Knowing how a controlled volume pump works will help you determine if it is the right type of pump for your process application.

Figure 1. Color coding depicts the more basic components of a metering pump. Here, the driver is represented by yellow; the liquid end is shown in blue; the drive mechanism is shown in red; and flow adjustment is represented by green.
The metering pump is a positive-displacement chemical-dosing device that has the ability to vary capacity manually or automatically as process conditions require. It has a high level of repetitive accuracy and is capable of pumping a range of chemicals, including acids, bases, corrosive or viscous liquids, and slurries -- all common fluids that you may find at your processing plant.

The pumping action of a metering pump is developed by a reciprocating piston, which is either in direct contact with the process fluid or shielded from the fluid by a diaphragm. Diaphragms are actuated by hydraulic fluid between the piston and the diaphragm. Metering pumps generally are used in applications such as hydrocarbon processing, power generation and water and wastewater treatment, where one or more of the following conditions exist:

Figure 2. This formula shows how the actual flow rate of a metering pump is determined.
  • Low flow rates in mL/hr or gal/hr are required.

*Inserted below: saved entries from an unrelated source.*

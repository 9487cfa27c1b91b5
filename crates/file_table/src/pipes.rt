//! Pipes, and bytes that came in at devices.

ghost use Rattle.std.specs.Prelude.{◌≡◌, ◌++◌, ◌-◌, [], min, length, take, drop, IfOk, OnOk, OnErr};
ghost use Rattle.file_table.specs.Descriptors.{without_end_by};
ghost use Rattle.file_table.specs.Due.{RestStays};
ghost use Rattle.file_table.specs.Moving.{more_bytes, room_in, without_bytes};
ghost use Rattle.file_table.specs.Pipes.{new_pipe};
ghost use Rattle.file_table.specs.State.{end_of_pipe};

use circular_buffer::HeapCircularBuffer;
use std::alloc::{AllocError, Global};
use std::marker::Model;

/// The most bytes that a pipe holds.
pub(crate) const PIPE_SIZE: usize = 65536;

/// A pipe: bytes that were written and not read yet, the first one first, and which of its ends are open. It has room for all
/// bytes that it may hold from its start.
///
/// References: pipe(7).
#[derive(Drop)]
pub struct Pipe {
    ring: HeapCircularBuffer<u8>,
    pub(crate) reader: bool,
    pub(crate) writer: bool,
}

impl Model for Pipe {
    ghost use Rattle.std.specs.Prelude.{◌≡◌};
    ghost use Rattle.file_table.specs.State.{Pipe};

    ghost Value = { Pipe };

    ghost view = { λ pipe. record { bytes = pipe.ring.items; reader = pipe.reader; writer = pipe.writer } };

    ghost invariant = { λ pipe. pipe.ring.capacity ≡ 65536 };
}

impl Pipe {
    /// An empty pipe, both of whose ends are open.
    pub(crate) fn new(alloc: Global) -> Result<Pipe, AllocError>
        ensures { IfOk result (λ pipe. pipe ≡ new_pipe) }
    {
        let ring = HeapCircularBuffer::with_capacity(alloc, PIPE_SIZE)?;
        Ok(Pipe {
            ring,
            reader: true,
            writer: true,
        })
    }

    /// How many bytes it has.
    pub(crate) fn len(&self) -> usize
        ensures { result ≡ length self.now.bytes }
    {
        self.ring.len()
    }

    /// How many bytes more it takes.
    pub(crate) fn room(&self) -> usize
        ensures { result ≡ room_in self.now }
    {
        PIPE_SIZE - self.ring.len()
    }

    /// Whether an end is open.
    pub(crate) fn is_open(&self, writes: bool) -> bool
        ensures { result ≡ end_of_pipe writes self.now }
    {
        if writes { self.writer } else { self.reader }
    }

    /// Moves its first bytes out, as many as fit.
    #[tactic(auto, using(crate::proofs::MoveFacts::given_is))]
    pub(crate) fn give(&mut self, into: &mut [u8]) -> usize
        ensures count { result ≡ length (take (length into.old) self.old.bytes) }
        ensures given { (take (length into.old) self.old.bytes ≡ take result into.new) × RestStays result into.old into.new }
        ensures left { self.new ≡ without_bytes result self.old }
    {
        self.ring.read_into(into)
    }

    /// Puts the first bytes behind those that it has, as many as fit.
    pub(crate) fn take(&mut self, bytes: &[u8]) -> usize
        ensures count { result ≡ min (length bytes.now) (room_in self.old) }
        ensures left { self.new ≡ more_bytes (take result bytes.now) self.old }
    {
        self.ring.fill_from_slice(bytes)
    }
}

/// Closes an end of a pipe, which goes with its last end.
pub(crate) fn close_end(place: &mut Option<Pipe>, writes: bool)
    ensures { place.new ≡ without_end_by writes place.old }
{
    let other = match place {
        Some(pipe) => pipe.is_open(!writes),
        None => return,
    };
    if !other {
        *place = None;
        return;
    }
    if let Some(pipe) = place {
        if writes {
            pipe.writer = false;
        } else {
            pipe.reader = false;
        }
    }
}

/// Bytes that came in and weren't read yet, the first one first.
#[derive(Drop)]
pub struct Input {
    ring: HeapCircularBuffer<u8>,
}

impl Model for Input {
    ghost use Rattle.std.specs.Prelude.{ℕ, List};

    ghost Value = { List ℕ };

    ghost view = { λ input. input.ring.items };
}

impl Input {
    /// No bytes.
    pub(crate) fn new(alloc: Global) -> Result<Input, AllocError>
        ensures { IfOk result (λ input. input ≡ []) }
    {
        let ring = HeapCircularBuffer::with_capacity(alloc, 0)?;
        Ok(Input { ring })
    }

    /// How many bytes there are.
    pub(crate) fn len(&self) -> usize
        ensures { result ≡ length self.now }
    {
        self.ring.len()
    }

    /// Moves the first bytes out, as many as fit.
    #[tactic(auto, using(crate::proofs::MoveFacts::given_is))]
    pub(crate) fn give(&mut self, into: &mut [u8]) -> usize
        ensures count { result ≡ length (take (length into.old) self.old) }
        ensures given { (take (length into.old) self.old ≡ take result into.new) × RestStays result into.old into.new }
        ensures left { self.new ≡ drop result self.old }
    {
        self.ring.read_into(into)
    }

    /// Puts bytes behind. It costs their number, over many calls, and so does its memory.
    pub(crate) fn push(&mut self, bytes: &[u8]) -> Result<(), AllocError>
        ensures ok { OnOk result (self.new ≡ self.old ++ bytes.now) }
        ensures err { OnErr result (self.new ≡ self.old) }
    {
        let wanted = self.ring.len() + bytes.len();
        if wanted > self.ring.capacity() {
            self.ring.resize(wanted.max(2 * self.ring.capacity()))?;
        }
        self.ring.fill_from_slice(bytes);
        Ok(())
    }
}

  • High system pressure exists.

  • High accuracy feed rate is demanded.

  • Dosing is controlled by computer, microprocessor, DCS, PLC or flow proportioning.

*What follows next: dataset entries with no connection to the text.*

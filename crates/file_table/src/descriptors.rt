//! Descriptors: looked at, made, changed and closed.

ghost use Rattle.std.specs.Prelude.{◌≡◌, ◌≢◌, ◌<◌, ◌≤◌, ◌&&◌, not, nat_le, is_some, ℕ, true, false, drop, length, get_or, set, slice_get, Option, Some, None, IsSome, Result, Ok, Err, IfOk, IfSome, MatchOption, MatchResult};
ghost use Rattle.file_tree.specs.declared.errno.Errno.TheVariants.{EBADF, EINVAL, EMFILE};
ghost use Rattle.file_tree.specs.Nodes.{Has};
ghost use Rattle.file_table.specs.Descriptors.{another, close as closes, closed, dup as dups, dup_to as dups_to, free_from, free_place, is_named, lost, marked, names, swept, what, what_in, with_description, with_descriptor, with_flags};
ghost use Rattle.file_table.specs.Due.{AnswersAlways, LeavesAlways};
ghost use Rattle.file_table.specs.Sound.{IsThere};
ghost use Rattle.file_table.specs.State.{at, open_as};

use crate::files::{Files, at};
use crate::pipes::close_end;
use crate::state::{Description, Descriptor, Opened, Target};
use file_tree::Errno;

/// Whether a description lost its last descriptor, and was a device's.
#[derive(Clone, Copy, Debug, PartialEq, Eq)]
pub struct Closed {
    /// The number of the device.
    pub device: Option<usize>,
}

/// Whether a place is free, and isn't below the least.
fn is_free<T>(places: &[Option<T>], number: usize, least: usize) -> bool
    requires { number < length places.now }
    ensures { result ≡ (nat_le least number && not (is_some (at places.now number))) }
{
    number >= least && places[number].is_none()
}

/// The least free place at or above one.
#[tactic(auto, using(crate::proofs::DescriptorFacts::free_more, crate::proofs::DescriptorFacts::free_past))]
pub(crate) fn free_place<T>(places: &[Option<T>], least: usize) -> Option<usize>
    ensures { result ≡ free_place least places.now }
{
    let mut number = 0;
    'looking: while number < places.len() {
        if is_free(places, number, least) {
            return Some(number);
        }
        number += 1;
    }
    None
}

/// Whether a descriptor names the description.
fn names(descriptor: &Option<Descriptor>, number: usize) -> bool
    ensures { result ≡ names number descriptor.now }
{
    match descriptor {
        Some(descriptor) => descriptor.description == number,
        None => false,
    }
}

/// Whether one of these descriptors names the description. It costs by their number.
fn is_named(descriptors: &[Option<Descriptor>], number: usize) -> bool
    ensures { result ≡ is_named number descriptors.now }
{
    descriptors
        .iter()
        .any(|descriptor| names(descriptor, number))
}

impl Files {
    /// The description that a descriptor names, with its number.
    #[tactic(auto, unfolding(crate::specs::State::open_as))]
    pub(crate) fn open_as(&self, fd: u64) -> Option<(usize, Description)>
        ensures is { result ≡ open_as fd self.now }
        ensures at { IfSome result (λ it. at self.now.descriptions it.0 ≡ Some it.1) }
        ensures there { IfSome result (λ it. IsThere self.now.tree self.now.devices self.now.pipes it.1.target) }
    {
        match at(self.descriptors.as_slice(), fd) {
            Some(descriptor) => {
                match at(self.descriptions.as_slice(), descriptor.description as u64) {
                    Some(description) => Some((descriptor.description, description)),
                    None => None,
                }
            }
            None => None,
        }
    }

    /// A descriptor, if it is open.
    fn descriptor(&self, fd: u64) -> Option<Descriptor>
        ensures is { result ≡ at self.now.descriptors fd }
        ensures there { IfSome result (λ it. IsSome (at self.now.descriptions it.description)) }
        ensures low { IfSome result (λ it. fd < 256) }
    {
        at(self.descriptors.as_slice(), fd)
    }

    /// The least free descriptor at or above one.
    pub(crate) fn free(&self, least: usize) -> Option<usize>
        ensures is { result ≡ free_place least self.now.descriptors }
        ensures free { IfSome result (λ place. at self.now.descriptors place ≡ None) }
        ensures low { IfSome result (λ place. place < 256) }
        ensures least { IfSome result (λ place. least ≤ place) }
    {
        free_place(self.descriptors.as_slice(), least)
    }

    /// Puts a descriptor at a place that is free, or names the same description.
    fn put_descriptor(&mut self, fd: usize, descriptor: Descriptor)
        requires low { fd < 256 }
        requires there { IsSome (at self.old.descriptions descriptor.description) }
        requires fits { IfSome (at self.old.descriptors fd) (λ old. old.description ≡ descriptor.description) }
        ensures { self.new ≡ with_descriptor fd (Some descriptor) self.old }
    {
        self.descriptors[fd] = Some(descriptor);
    }

    /// Closes a descriptor that names the description, which goes with its last. It tells the device that goes with it.
    fn clear(&mut self, fd: usize, number: usize) -> Option<usize>
        requires { names number (at self.old.descriptors fd) ≡ true }
        ensures files { self.new ≡ swept number (with_descriptor fd None self.old) }
        ensures device { result ≡ lost number (with_descriptor fd None self.old) }
    {
        self.descriptors[fd] = None;
        if is_named(self.descriptors.as_slice(), number) {
            return None;
        }
        match at(self.descriptions.as_slice(), number as u64) {
            None => unreachable!(),
            Some(gone) => {
                self.descriptions[number] = None;
                match gone.target {
                    Target::Node(inode) => {
                        self.tree.release(inode);
                        None
                    }
                    Target::Device(device) => {
                        self.devices[device].live = false;
                        Some(device)
                    }
                    Target::Pipe { pipe, writes } => {
                        close_end(&mut self.pipes[pipe], writes);
                        None
                    }
                }
            }
        }
    }

    /// Changes a description's flags and offset.
    pub(crate) fn change(&mut self, number: usize, old: Description, flags: u64, offset: u64)
        requires { at self.old.descriptions number ≡ Some old }
        ensures { self.new ≡ with_description number (record { target = old.target; flags = flags; offset = offset }) self.old }
    {
        self.descriptions[number] = Some(Description {
            target: old.target,
            flags,
            offset,
        });
    }

    /// What a descriptor is open for, and how; nothing where it isn't open. It costs constant time.
    ///
    /// References: fcntl(2).
    #[tactic(auto, unfolding(crate::specs::Descriptors::what))]
    pub fn what(&self, fd: u64) -> Option<Opened>
        ensures what { result ≡ what fd self.now }
        ensures is_open { is_some result ≡ is_some (at self.now.descriptors fd) }
        ensures there { IfSome result (λ it. IfSome it.node (Has self.now.tree)) }
    {
        match at(self.descriptors.as_slice(), fd) {
            Some(descriptor) => {
                match at(self.descriptions.as_slice(), descriptor.description as u64) {
                    Some(it) => Some(opened(descriptor, it)),
                    None => unreachable!(),
                }
            }
            None => None,
        }
    }

    /// Makes the least free descriptor at or above one name what another names, and tells its number. It shares the offset
    /// and the flags, but not whether it is closed by execve. It costs by the number of descriptors, and takes no memory.
    ///
    /// It is refused with `EINVAL` where the least is above 255, then with `EBADF` where the descriptor isn't open, then with
    /// `EMFILE` where none is free.
    ///
    /// References: dup(2), fcntl(2).
    #[tactic(auto, unfolding(crate::specs::Descriptors::dup))]
    pub fn dup(&mut self, fd: u64, least: u64, close_on_exec: bool) -> Result<u32, Errno>
        ensures { AnswersAlways result (dups fd least close_on_exec self.old) self.old self.new }
    {
        if least > 255 {
            return Err(Errno::EINVAL);
        }
        match self.descriptor(fd) {
            Some(descriptor) => match self.free(least as usize) {
                Some(to) => {
                    self.put_descriptor(to, another(descriptor, close_on_exec));
                    Ok(to as u32)
                }
                None => Err(Errno::EMFILE),
            },
            None => Err(Errno::EBADF),
        }
    }

    /// Makes a descriptor name what another names, and tells its number. It is closed before, if it is open. It costs by the
    /// number of descriptors, and takes no memory.
    ///
    /// It is refused with `EINVAL` where both are the same, then with `EBADF` where the first isn't open, or the second is
    /// above 255.
    ///
    /// References: dup(2), dup3(2).
    #[tactic(auto, unfolding(crate::specs::Descriptors::dup_to, crate::specs::Descriptors::closed))]
    pub fn dup_to(&mut self, fd: u64, to: u64, close_on_exec: bool) -> Result<u32, Errno>
        ensures { AnswersAlways result (dups_to fd to close_on_exec self.old) self.old self.new }
    {
        if fd == to {
            return Err(Errno::EINVAL);
        }
        match self.descriptor(fd) {
            Some(descriptor) => {
                if to > 255 {
                    return Err(Errno::EBADF);
                }
                self.replace(to as usize, another(descriptor, close_on_exec), fd);
                Ok(to as u32)
            }
            None => Err(Errno::EBADF),
        }
    }

    /// Closes a descriptor, and tells whether a device went with it. What was unlinked goes with its last descriptor. It
    /// costs by the number of descriptors, and takes no memory.
    ///
    /// It is refused with `EBADF` where the descriptor isn't open.
    ///
    /// References: close(2).
    #[tactic(auto, unfolding(crate::specs::Descriptors::close))]
    pub fn close(&mut self, fd: u64) -> Result<Closed, Errno>
        ensures { MatchResult result (λ it. AnswersAlways {A = Option ℕ} (Ok it.device) (closes fd self.old) self.old self.new) (λ errno. AnswersAlways {A = Option ℕ} (Err errno) (closes fd self.old) self.old self.new) }
    {
        match self.descriptor(fd) {
            Some(descriptor) => Ok(Closed {
                device: self.clear(fd as usize, descriptor.description),
            }),
            None => Err(Errno::EBADF),
        }
    }

    /// Sets whether a description appends, and whether it never waits; other bits are passed over. It holds for all
    /// descriptors that name the description.
    ///
    /// It is refused with `EBADF` where the descriptor isn't open.
    ///
    /// References: fcntl(2), `F_SETFL`.
    #[tactic(auto, unfolding(crate::specs::Descriptors::with_flags))]
    pub fn set_flags(&mut self, fd: u64, flags: u64) -> Result<(), Errno>
        ensures { LeavesAlways result (with_flags fd flags self.old) self.old self.new }
    {
        match self.open_as(fd) {
            Some((number, it)) => {
                self.change(
                    number,
                    it,
                    (it.flags & 0x38003) | (flags & 0xC00),
                    it.offset,
                );
                Ok(())
            }
            None => Err(Errno::EBADF),
        }
    }

    /// Sets whether a descriptor is closed by execve.
    ///
    /// It is refused with `EBADF` where the descriptor isn't open.
    ///
    /// References: fcntl(2), `F_SETFD`.
    #[tactic(auto, unfolding(crate::specs::Descriptors::marked))]
    pub fn set_close_on_exec(&mut self, fd: u64, on: bool) -> Result<(), Errno>
        ensures { LeavesAlways result (marked fd on self.old) self.old self.new }
    {
        match self.descriptor(fd) {
            Some(descriptor) => {
                self.put_descriptor(fd as usize, another(descriptor, on));
                Ok(())
            }
            None => Err(Errno::EBADF),
        }
    }

    /// Closes a descriptor, if it is open, and puts another one there, which names what a third names.
    #[tactic(auto, unfolding(crate::specs::Descriptors::closed))]
    fn replace(&mut self, to: usize, descriptor: Descriptor, from: u64)
        requires low { to < 256 }
        requires apart { from ≢ to }
        requires from { IfSome (at self.old.descriptors from) (λ it. it.description ≡ descriptor.description) }
        requires is { IsSome (at self.old.descriptors from) }
        ensures { self.new ≡ with_descriptor to (Some descriptor) (closed to self.old) }
    {
        self.empty(to);
        self.put_descriptor(to, descriptor);
    }

    /// Closes a descriptor, if it is open.
    #[tactic(auto, unfolding(crate::specs::Descriptors::closed))]
    fn empty(&mut self, fd: usize)
        requires { fd < 256 }
        ensures files { self.new ≡ closed fd self.old }
        ensures free { at self.new.descriptors fd ≡ None }
        ensures there { (other : ℕ) (it : Descriptor) → other ≢ fd → at self.old.descriptors other ≡ Some it → IsSome (at self.new.descriptions it.description) }
    {
        let Some(descriptor) = self.descriptor(fd as u64) else {
            let _ = &self.tree;
            return;
        };
        self.clear(fd, descriptor.description);
        let _ = &self.tree;
    }
}

/// Another descriptor of the same description.
fn another(descriptor: Descriptor, close_on_exec: bool) -> Descriptor
    ensures { result ≡ another descriptor close_on_exec }
{
    Descriptor {
        description: descriptor.description,
        close_on_exec,
    }
}

/// What a descriptor of a description is open for.
fn opened(descriptor: Descriptor, it: Description) -> Opened
    ensures { Some result ≡ what_in descriptor (Some it) }
{
    let (node, device, pipe) = match it.target {
        Target::Node(inode) => (Some(inode), None, None),
        Target::Device(device) => (None, Some(device), None),
        Target::Pipe { pipe, .. } => (None, None, Some(pipe)),
    };
    Opened {
        node,
        device,
        pipe,
        flags: it.flags,
        close_on_exec: descriptor.close_on_exec,
    }
}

  • Corrosive, hazardous or high temperature fluids are handled.

  • Viscous fluids or slurries need to be pumped.

Figure 3.Discharge pressure does not affect the flow rate in a metering pump like it does in a centrifugal pump.
Once you determine if a metering pump might be suitable for your process, you will want to know its components. There are four basic parts to a metering pump: driver, liquid end, drive mechanism and flow adjustment (figure 1).

Driver. The pump usually is driven by an AC constant speed motor. Variable speed, pneumatic and hydraulic drivers also are utilized.

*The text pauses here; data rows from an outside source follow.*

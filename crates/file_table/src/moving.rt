//! Bytes that are read and written, and offsets.

ghost use Rattle.std.specs.Prelude.{◌≡◌, ◌≢◌, ℕ, Bool, List, option_map, ◌+◌, ◌^◌, ◌<◌, ◌≤◌, ◌==◌, ◌||◌, not, max, min, true, false, ◌+ℤ◌, pos, length, take, get_or, slice_get, Some, None, Ok, Err, IfOk, IfErr, IfSome, OnOk};
ghost use Rattle.file_tree.specs.declared.kind.Kind.TheVariants.{File};
ghost use Rattle.file_tree.specs.Files.{truncated};
ghost use Rattle.file_tree.specs.Nodes.{Has, kind_in};
ghost use Rattle.file_table.specs.declared.state.Target.TheVariants as targets;
ghost use Rattle.file_table.specs.declared.fault.FileFault.TheVariants as faults;
ghost use Rattle.file_table.specs.Descriptors.{no_device, pipe_of};
ghost use Rattle.file_table.specs.Due.{Answers, AnswersAlways, Leaves, LeavesTree, Moves, Reads, ReadsAlways, RestStays, done};
ghost use Rattle.file_table.specs.Flags.{can_read, can_write, never_waits};
ghost use Rattle.file_table.specs.Moving.{advanced, counted_from, cut, file_read, file_written, given, given_by, lawful, more_bytes, past, peek, place_of, read, read_at, read_device, read_pipe, read_target, read_target_at, room_in, seek, standing, taken_by, takes_by, truncate, waits, without_bytes, without_input, with_devices, with_output, write, write_at, write_node, write_pipe, write_target_at};
ghost use Rattle.file_table.specs.Sound.{IsThere};
ghost use Rattle.file_table.specs.State.{at, bytes_by, is_open_by, lives_by, open_as};

use crate::fault::FileFault;
use crate::files::Files;
use crate::pipes::Pipe;
use crate::state::{Description, Device, Target};
use file_tree::{Errno, Inode, Kind, TreeFault};

/// The flag of a description that appends.
const APPEND: u64 = 0x400;

/// The flag of a description that never waits.
const NO_WAIT: u64 = 0x800;

/// The most bytes that are written to a pipe whole or not at all.
const WHOLE_SIZE: usize = 4096;

/// One more than the largest offset.
const OFFSET_END: u64 = 0x8000_0000_0000_0000;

Liquid End. The liquid end design and materials of construction are determined by the service conditions and the nature of the fluid to be handled. Temperature, flow rate, fluid viscosity, corrosiveness and other factors are considered.

Drive Mechanism. The drive mechanism translates the rotary motion of the driver into reciprocating movement. Industrial-duty pumps will submerge this portion of the pump in an oil bath to ensure reliability during continuous operation.

Flow Adjustment. Pump flow rate is adjustable by varying stroke length, effective stroke length or stroking speed. Most metering pumps are supplied with a micrometer screw adjustment. The micrometer also can be replaced by an electronic or pneumatic actuator to adjust pump flow rate in response to a process signal.

Figure 4. Even though the flow vs. stroke characteristic curve is linear, it is not necessarily proportional. By measuring flow at two stroke settings, plotting both points and drawing a straight line through them, other flow rates vs. stroke can be predicted accurately.

Metering Pump Characteristics

The pumping action is developed by a reciprocating piston. This reciprocating motion develops a flow sine wave. Actual flow rate is determined by a formula (figure 2). Unlike centrifugal pumps, flow rate is not greatly affected by changes in discharge pressure (figure 3).

The metering pump flow vs. stroke characteristic curve is linear. It is not, however, necessarily proportional, in that a 50 percent stroke setting may not equal 50 percent flow. This is due to the fact that the calibration line may not pass through 0 on both axes simultaneously. By measuring flow at two stroke settings, plotting both points and drawing a straight line through them, other flow rates vs. stroke can be predicted accurately. The steady-state accuracy of a correctly installed industrial-grade metering pump generally is +/-1 percent or better (figure 4).

Although a metering pump generally can be adjusted to pump at any flow rate between zero and its maximum capacity, its accuracy is measured over a range determined by the pump's turndown ratio. Most metering pumps have a turndown ratio of 10 to 1, which means that the pump is within its accuracy rating anywhere between 10 percent and 100 percent of capacity. Metering pumps that offer high accuracy and a turndown ratio as high as of 100 to 1 are available from some manufacturers.